# Canon D7 EOS - Good points and bad points?



## JRZL

I was looking to get the nikon d90 (started a thread yesterday) but people suggested that i looked at canons. I would be using it for 50% photos and 50% videos. Is this a good camera for this?

Thanks in advance


----------



## KmH

I'm guessing you mean a Canon EOS 7D.

The Canon camera that is direct competition for the Nikon D90 is the Canon EOS Rebel T2i (550D, Kiss X4).

The Canon EOS 7D competes with the Nikon D90's big brother, the Nikon D300s.


----------



## tsaraleksi

The 7D is going to beat the D90 all across the board but you pay for that difference.


----------



## KmH

According to an independent testing lab, DXO Mark, the still  image quality (RAW) of the Nikon D90 handily surpasses that of the much more expensive Canon EOS 7D:

Compare cameras

You would need to look to a different source of indendent testing to compare the EOS 7D video quality with the Nikon D300s video quality.


----------



## Montana

The 7D is a much better all around camera.  And using it 50% for video, its a no-brainer.  The 7D is light years ahead of the D90 in video.


----------



## KmH

Montana said:


> The 7D is a much better all around camera. And using it 50% for video, its a no-brainer.

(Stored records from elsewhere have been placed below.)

//! What no contract says.
use shared_sum::{Caller, Sum, add_on_threads, closed, lock_after_turns};
use std::alloc::Global;
use std::test::Fail;

// Each turn of each caller, with the caller's number and the place that its receipt says.
fn told_places(alloc: Global, all: &[Caller]) -> Option<Vec<(u32, u64, u64)>> {
    let mut told = Vec::new(alloc);
    for caller in all {
        let seat = caller.seat.as_ref()?;
        for (turn, place) in caller.places.iter().enumerate() {
            told.push((seat.caller(), turn as u64, *place)).ok()?;
        }
    }
    Some(told)
}

#[test]
fn each_turn_has_its_entry_at_the_place_that_its_receipt_says(rt: HostRuntime) -> Result<(), Fail> {
    for (callers, turns) in [(1u32, 1u32), (2, 100), (16, 10)] {
        let first = Sum { total: 7 };
        let Some((lock, all)) = lock_after_turns(&rt, rt.alloc(), first, callers, turns) else {
            panic!(rt; "no memory for the turns of {callers} callers")
        };
        let Some(told) = told_places(rt.alloc(), all.as_slice()) else {
            panic!(rt; "no memory for the places")
        };
        let Some((_sum, chain)) = closed(lock, all) else {
            panic!(rt; "there are no callers")
        };
        let Ok(entries) = chain.in_order(rt.alloc()) else {
            panic!(rt; "no memory for the order")
        };
        // There are as many turns as places, and no two turns are alike: so each place is told once.
        let count = callers as u64 * turns as u64;
        assert!(rt; entries.len() as u64 == count && told.len() as u64 == count);
        for (caller, turn, place) in told.iter() {
            let entry = entries.get(*place as usize);
            assert!(rt; entry.is_some_and(|entry| entry.caller == *caller));
            assert!(rt; entry.is_some_and(|entry| entry.amount == *turn));
        }
    }
    Ok(())
}

#[test]
fn each_thread_leaves_its_entries_in_its_order(rt: HostRuntime) -> Result<(), Fail> {
    // callers, turns of each, and the sum from 7 on
    let table = [(1u32, 1u32, 7u64), (2, 100, 9907), (16, 10, 727)];
    for (callers, turns, total) in table {
        let first = Sum { total: 7 };
        let Some((sum, chain)) = add_on_threads(&rt, rt.alloc(), first, callers, turns) else {
            panic!(rt; "no memory for {callers} callers")
        };
        let Ok(entries) = chain.in_order(rt.alloc()) else {
            panic!(rt; "no memory for the order")
        };
        assert!(rt; entries.len() as u64 == callers as u64 * turns as u64);
        assert!(rt; sum.total == total && entries.last().is_some_and(|last| last.total == total));
        for caller in 0..callers {
            let mut own = entries.iter().filter(|entry| entry.caller == caller);
            for amount in 0..turns as u64 {
                assert!(rt; own.next().is_some_and(|entry| entry.amount == amount));
            }
            assert!(rt; own.next().is_none());
        }
    }
    Ok(())
}
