//! What no contract says.
use link_chain::{Chain, Link};
use std::test::Fail;

#[test]
fn a_link_and_the_order_are_got_with_ample_memory(rt: HostRuntime) -> Result<(), Fail> {
    let Ok(mut one) = Link::new(rt.alloc(), 1u64) else {
        panic!(rt; "no memory for the first link")
    };
    *one.entry_mut() = 7;
    assert!(rt; *one.entry() == 7);
    let Ok(two) = Link::new(rt.alloc(), 2u64) else {
        panic!(rt; "no memory for the second link")
    };
    let chain = Chain::empty().hang(one).hang(two);
    let Ok(entries) = chain.in_order(rt.alloc()) else {
        panic!(rt; "no memory for the order")
    };
    assert!(rt; entries.len() == 2 && *entries[0] == 7 && *entries[1] == 2);
    Ok(())
}

#[test]
fn a_long_chain_is_dropped(rt: HostRuntime) -> Result<(), Fail> {
    let mut chain = Chain::empty();
    for number in 0..100_000u32 {
        let Ok(link) = Link::new(rt.alloc(), number) else {
            panic!(rt; "no memory for a link")
        };
        chain = chain.hang(link);
    }
    Ok(())
}
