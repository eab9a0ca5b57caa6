//! Tests of the lock, of its chain and of a sum that threads share under it.
#![tactic(auto)]

#[cfg(test)]
mod chains;
#[cfg(test)]
mod sums;
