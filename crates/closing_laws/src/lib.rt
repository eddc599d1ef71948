//! That what is noted while classes are closed is what the sentences of their faults say (X.722, section 8;
//! docs/PROFILE.md, section 18). It has no code.
#![tactic(auto)]
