//! A worker by itself.

ghost use Rattle.std.specs.Prelude.{◌≡◌, true, None};
ghost use Rattle.vc_worker.specs.Turns.{GainsBy};

use std::sync::Wait;
use vc_core::Engine;
use vc_port::{Claimed, Station};

/// What a worker hands back: its station, and its engine.
#[derive(Drop)]
pub struct Served<T: Station, E: Engine = Box<dyn Engine + Send>> {
    pub station: T,
    pub engine: E,
}

/// Claims jobs, runs each on the engine and finishes it, until a claim answers that all is over. Where
/// there is nothing to claim it pauses the station. It may wait, and for ever where the device is never
/// shut.
pub fn serve<R: Wait, T: Station, E: Engine>(rt: &R, station: T, engine: E) -> Served<T, E>
    requires { T.job station ≡ None }
    ensures over { T.over result.station ≡ true }
    ensures idle { T.job result.station ≡ None }
    ensures follows { T.follows station result.station }
    ensures gained { GainsBy T.worked E.run_count E.fault_count station engine result.station result.engine }
{
    let mut station = station;
    let mut engine = engine;
    for _ in rt.forever() {
        match station.claim() {
            Claimed::Job(job) => {
                let finished = job.run(&mut engine);
                station.finish(finished);
            }
            Claimed::Empty => station.pause(),
            Claimed::Over => {
                return Served { station, engine };
            }
        }
    }
    unreachable!()
}
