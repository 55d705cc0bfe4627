//! A caller that runs jobs while it waits.

ghost use Rattle.std.specs.Prelude.{◌≡◌, None, false};
ghost use Rattle.vc_worker.specs.Turns.{GainsBy, IsTurn, FindsNone};

use vc_base::{Call, Reply, Side};
use vc_core::Engine;
use vc_port::{Claimed, PayloadPort, Port, Station};

/// A station and an engine, for a caller to run jobs with.
#[derive(Drop)]
pub struct Help<T: Station, E: Engine = Box<dyn Engine + Send>> {
    pub station: T,
    pub engine: E,
}

impl<T: Station, E: Engine> Help<T, E> {
    /// Claims a job, runs it and finishes it. It answers whether there was one.
    pub fn turn(&mut self) -> bool
        requires { T.job self.old.station ≡ None }
        ensures idle { T.job self.new.station ≡ None }
        ensures follows { T.follows self.old.station self.new.station }
        ensures gained { GainsBy T.worked E.run_count E.fault_count self.old.station self.old.engine self.new.station self.new.engine }
        ensures turn { IsTurn result (T.worked self.old.station) (T.worked self.new.station) }
        ensures none { result ≡ false → FindsNone T.claims self.old.station self.new.station }
    {
        match self.station.claim() {
            Claimed::Job(job) => {
                let finished = job.run(&mut self.engine);
                self.station.finish(finished);
                true
            }
            Claimed::Empty | Claimed::Over => false,
        }
    }
}

/// A port that runs jobs while it waits, where it has help. Its calls are those of the port. Its pause
/// claims a job, runs it and finishes it; without help, and where there is no job, it pauses the port.
/// Between its calls the station of its help has no job.
#[derive(Drop)]
pub struct Helping<P: Port, T: Station, E: Engine = Box<dyn Engine + Send>> {
    pub port: P,
    pub help: Option<Help<T, E>>,
}

impl<P: Port, T: Station, E: Engine> Port for Helping<P, T, E> {
    ghost use Rattle.std.specs.Prelude.{◌≡◌, None, false};
    ghost use Rattle.vc_worker.specs.Both.{Both, IfThere};
    ghost use Rattle.vc_worker.specs.Pauses.{IsPause};
    ghost use Rattle.vc_worker.specs.Turns.{GainsBy, IsTurn, FindsNone};

    ghost answered = { λ h. P.answered h.port };

    ghost ready = { λ h. P.ready h.port × IfThere (λ x. T.job x.station ≡ None) h.help };

    ghost follows = { λ a b. P.follows a.port b.port × Both (λ x y. T.follows x.station y.station × GainsBy T.worked E.run_count E.fault_count x.station x.engine y.station y.engine) a.help b.help };

    ghost calls = { λ a request told b. P.calls a.port request told b.port × (b.help ≡ a.help) };

    ghost pauses = { λ a b. IsPause P.pauses (λ was_job x y. IsTurn was_job (T.worked x.station) (T.worked y.station) × (was_job ≡ false → FindsNone T.claims x.station y.station)) a.port b.port a.help b.help };

    fn call(&mut self, call: &Call) -> Reply {
        self.port.call(call)
    }

    fn pause(&mut self) {
        if let Some(help) = &mut self.help {
            if help.turn() {
                return;
            }
        }
        self.port.pause();
    }

    ghost use Rattle.vc_worker.specs.Both.{both_self, both_on};
    ghost use Rattle.vc_worker.specs.Gains.{gained_none, gained_on};

    ghost follows_self = { λ p. (P.follows_self p.port, both_self _ (λ x. (T.follows_self x.station, gained_none _ _ _)) p.help) };

    ghost follows_on = { λ p q r f g. (P.follows_on p.port q.port r.port f.0 g.0, both_on _ (λ x y z a b. (T.follows_on x.station y.station z.station a.0 b.0, gained_on _ _ _ _ _ _ _ _ _ a.1 b.1)) p.help q.help r.help f.1 g.1) };
}

impl<P: PayloadPort, T: Station, E: Engine> PayloadPort for Helping<P, T, E> {
    ghost use Rattle.vc_worker.specs.Pauses.{kept_by_pause};

    ghost events = { λ h. P.events h.port };

    ghost hold = { λ h. P.hold h.port };

    fn payload(&self, side: Side, index: u32) -> Option<&[u8]> {
        self.port.payload(side, index)
    }

    fn fill(&mut self, side: Side, index: u32, bytes: &[u8]) {
        self.port.fill(side, index, bytes);
    }

    fn exchange(
        &mut self,
        side: Side,
        index: u32,
        other: &mut Self,
        other_side: Side,
        other_index: u32,
    ) {
        self.port
            .exchange(side, index, &mut other.port, other_side, other_index);
    }

    ghost calls_are = { λ p q request told f. P.calls_are p.port q.port request told f.0 };

    ghost pauses_are = { λ p q f. kept_by_pause P.events P.hold P.pauses P.pauses_are p.port q.port f.was_job f.port };

    ghost fits = { λ p r. P.fits p.port r.0 };
}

The 7D is light years ahead of the D90 in video.


Yep at nearly twice the cost, the $1700 EOS 7D *should be* a better all around camera than the $900, D90.

It looks like Canon is concentrating on developing the video portion of their dSLR cameras, to the detriment of the still photography portion.

It makes one wonder why the OP is even considering a D90. :scratch:


----------



## cfusionpm

KmH said:


> According to an independent testing lab, DXO Mark, the still image quality (RAW) of the Nikon D90 handily surpasses that of the much more expensive Canon EOS 7D:
> 
> Compare cameras


Forgive me if I find it kind of odd that somehow the D90 has a much higher ISO performance rating.... 

Some quick googling gave me these:

D90 @ 3200: http://mansurovs.com/files/2008/12/nikon-d90-iso-3200.jpg and http://mansurovs.com/files/2008/12/nikon-d90f-iso-3200.jpg
D90 @ 6400: http://mansurovs.com/files/2008/12/nikon-d90-iso-6400.jpg and http://mansurovs.com/files/2008/12/nikon-d90f-iso-6400.jpg

7D @ 3200: http://www.cameralabs.com/reviews/Canon_EOS_7D/images/results/Can7D_JPEG_noise_3200iso.jpg http://www.ericreagan.com/photos/694238587_n8kwQ-O.jpg 
7D @ 6400: http://www.cameralabs.com/reviews/Canon_EOS_7D/images/results/Can7D_JPEG_noise_6400iso.jpg http://www.ericreagan.com/photos/694238633_JpGP2-O.jpg

Those may not be the best examples, but if there are some better representative images, I would love to see them. 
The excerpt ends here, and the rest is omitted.